Fascinating history

An easy 30 minute drive down the coast from Busselton or around three hours (258 km) southwest of Perth, Dunsborough is located adjacent to Dunn Bay and was named in 1830 by Governor James Stirling who was surveying the Geographe Bay on the Eagle. Stirling named the town after his former commander Captain Richard Dalling Dunn, whom Sterling sailed with on the ships Hibernia and Armide between 1810-1811. The governor named a number of places he surveyed after different naval colleagues.

When the then village first appeared on maps it was initially spelt ‘Dunsboro’, but the ‘bro’ changed to ‘borough’ changed to its current spelling when the town was formerly gazetted in 1879, two years after it was first proclaimed a town. Dunsborough continued as a small coastal village until the mid-1950's when it’s potential as a charming holiday resort was recognised by residents of Perth and Busselton.

Interestingly, while Dunsborough has been gaining in popularity with over the last few years, the Dutch have known about this part of WA for over 400 years! While in 1622, the Dutch named the southern tip of the coast Leeuwin's Land, their maps show that they did not chart the northern coastline. The area was named by the French explorer Nicholas Baudin, who sailed up the coast in 1801, rounded Cape Naturaliste and anchored in Geographe Bay. He named both locations after his two vessels, the Geographe and the Naturaliste.

Dunsborough has it all

This delightful town offers great food and wine and accommodation that range from basic cabins to absolute luxury. Its leafy streets offer cool cafes, art and craft galleries showcasing painting, jewelry, pottery, photography as well as gift and fashion shops lining main streets. Add pristine coastline, tranquil coves, amazing natural wonders such as Ngili Cave, sandy beaches just perfect for swimming, snorkeling or surfing, great fishing, beautiful national parks, nature reserves and numerous scenic trails, then you get the idea why so many return year after year.

Dunsborough is also an ideal base for exploring the many wineries of the Margaret River Wine Region with some 30 wineries and 50 vineyards within a 30 minute drive. Whether you are interested in relaxing on the beach with a good book, playing golf, photographing the superb scenery, visiting wineries, canoeing, wind surfing, exploring caves, camel rides or dining out, Dunsborough can make your holiday dreams come true.  

Sand between the toes

On the outskirts of Dunsborough are some of the best attractions on the Cape, so pack the sunscreen and towels! Meelup is one of the Cape's most ideal swimming beaches and ideal for family excursions. Located on Geographe Bay, it is protected from the powerful swells which strike the Cape's western coast. Also check out Eagle Bay and Bunker Bay which also offer beautiful beaches for picnicking, swimming, fishing and snorkelling.

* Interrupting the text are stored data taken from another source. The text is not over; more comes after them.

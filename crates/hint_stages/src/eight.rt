//! The core: a butterfly of eight lines in eight columns and eleven rows, without the belts of its ends, which a search
//! of a placement formula found: with its channels alone it would have eighteen rows. Its first rank is its last row,
//! and its last rank its first row.
use crate::sense::Sense;
use bt_parts::{Cell, Dir, Kind};
use hint_routing::Stand;

/// How many rows it has.
pub const CORE_ROWS: u32 = 11;

/// How many lines it has.
pub const CORE_LINES: u32 = 8;

/// How many ranks it has.
pub const CORE_RANKS: usize = 3;

/// How many splitters each of its ranks has.
pub const CORE_ACROSS: usize = 4;

/// Its belts as they go: `^`, `>`, `v` and `<`, entrances as small letters of the direction in which they look, exits as
/// great ones, and `=` where a splitter stands.
const ONWARD: [&str; 11] = [
    "========", "^NN^^==^", "^>>^^^^^", "==..^^^^", "N^<<^NN^", ">enN^<E^", "^n^=W^w<", "^^<=<^<^",
    "^<>e^E^^", "n==n^nn^", "========",
];

/// The same turned upside down, with each belt the other way.
const AGAINST: [&str; 11] = [
    "========", "N==N^NN^", ">^^W^w<^", "^>>=^>^^", "^N>=e^E^", "^WNn>^w<", "n>>^^nn^", "==..^^^^",
    "^^<<^^^^", "^nn^^==^", "========",
];

/// Its splitters: first the four of its first rank, then those of its second one, by halves, then those of its last one.
const ONWARD_SEATS: [Stand; 12] = [
    Stand {
        cell: Cell { x: 0, y: 10 },
        dir: Dir::North,
    },
    Stand {
        cell: Cell { x: 2, y: 10 },
        dir: Dir::North,
    },
    Stand {
        cell: Cell { x: 4, y: 10 },
        dir: Dir::North,
    },
    Stand {
        cell: Cell { x: 6, y: 10 },
        dir: Dir::North,
    },
    Stand {
        cell: Cell { x: 0, y: 3 },
        dir: Dir::North,
    },
    Stand {
        cell: Cell { x: 1, y: 9 },
        dir: Dir::North,
    },
    Stand {
        cell: Cell { x: 3, y: 6 },
        dir: Dir::West,
    },
    Stand {
        cell: Cell { x: 5, y: 1 },
        dir: Dir::North,
    },
    Stand {
        cell: Cell { x: 0, y: 0 },
        dir: Dir::North,
    },
    Stand {
        cell: Cell { x: 2, y: 0 },
        dir: Dir::North,
    },
    Stand {
        cell: Cell { x: 4, y: 0 },
        dir: Dir::North,
    },
    Stand {
        cell: Cell { x: 6, y: 0 },
        dir: Dir::North,
    },
];

/// The same turned upside down, in the same order.
const AGAINST_SEATS: [Stand; 12] = [
    Stand {
        cell: Cell { x: 0, y: 0 },
        dir: Dir::North,
    },
    Stand {
        cell: Cell { x: 2, y: 0 },
        dir: Dir::North,
    },
    Stand {
        cell: Cell { x: 4, y: 0 },
        dir: Dir::North,
    },
    Stand {
        cell: Cell { x: 6, y: 0 },
        dir: Dir::North,
    },
    Stand {
        cell: Cell { x: 0, y: 7 },
        dir: Dir::North,
    },
    Stand {
        cell: Cell { x: 1, y: 1 },
        dir: Dir::North,
    },
    Stand {
        cell: Cell { x: 3, y: 3 },
        dir: Dir::East,
    },
    Stand {
        cell: Cell { x: 5, y: 9 },
        dir: Dir::North,
    },
    Stand {
        cell: Cell { x: 0, y: 10 },
        dir: Dir::North,
    },
    Stand {
        cell: Cell { x: 2, y: 10 },
        dir: Dir::North,
    },
    Stand {
        cell: Cell { x: 4, y: 10 },
        dir: Dir::North,
    },
    Stand {
        cell: Cell { x: 6, y: 10 },
        dir: Dir::North,
    },
];

/// The rows of the core's drawing, from the north to the south.
pub fn drawing(sense: Sense) -> &'static [&'static str] {
    match sense {
        Sense::Onward => &ONWARD,
        Sense::Against => &AGAINST,
    }
}

/// Where the splitter at a place of a rank of the core stands, both counted from 0; none where it has no such.
pub fn seat(sense: Sense, rank: usize, place: usize) -> Option<Stand> {
    let number = rank.saturating_mul(CORE_ACROSS).saturating_add(place);
    match sense {
        Sense::Onward => ONWARD_SEATS.get(number).copied(),
        Sense::Against => AGAINST_SEATS.get(number).copied(),
    }
}

/// What a sign of the drawing stands for, but for splitters.
pub fn piece(sign: u8) -> Option<(Kind, Dir)> {
    match sign {
        b'^' => Some((Kind::Belt, Dir::North)),
        b'>' => Some((Kind::Belt, Dir::East)),
        b'v' => Some((Kind::Belt, Dir::South)),
        b'<' => Some((Kind::Belt, Dir::West)),
        b'n' => Some((Kind::Entrance, Dir::North)),
        b'e' => Some((Kind::Entrance, Dir::East)),
        b's' => Some((Kind::Entrance, Dir::South)),
        b'w' => Some((Kind::Entrance, Dir::West)),
        b'N' => Some((Kind::Exit, Dir::North)),
        b'E' => Some((Kind::Exit, Dir::East)),
        b'S' => Some((Kind::Exit, Dir::South)),
        b'W' => Some((Kind::Exit, Dir::West)),
        _ => None,
    }
}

If it’s surfing action you are after, then you are spoiled for choice! Yallingups may be a longboard Mecca, but you’ll also find shortboarders and the odd bodyboarder sharing the waves along with the local dolphins who often jump on a wave too. A few minutes east is the renowned Smith’s Beach, which is a reliable wave magnet and a popular shortboard haunt.

Get wrecked!

Scuba enthusiasts flock to Dunsborough as it is home to the HMAS Swan, a decommissioned River Class Frigate Destroyer Escort and now the largest accessible dive wreck in the Southern hemisphere. Built in 1967, the 120 metre long vessel was decommissioned in 1996 after serving the Australian Navy for 26 years, and laid to rest 12 months later in 30 metres of water off Meelup Beach. Ever since, she has been attracting divers from all over the world to view her in the southwest’s amazingly clear waters.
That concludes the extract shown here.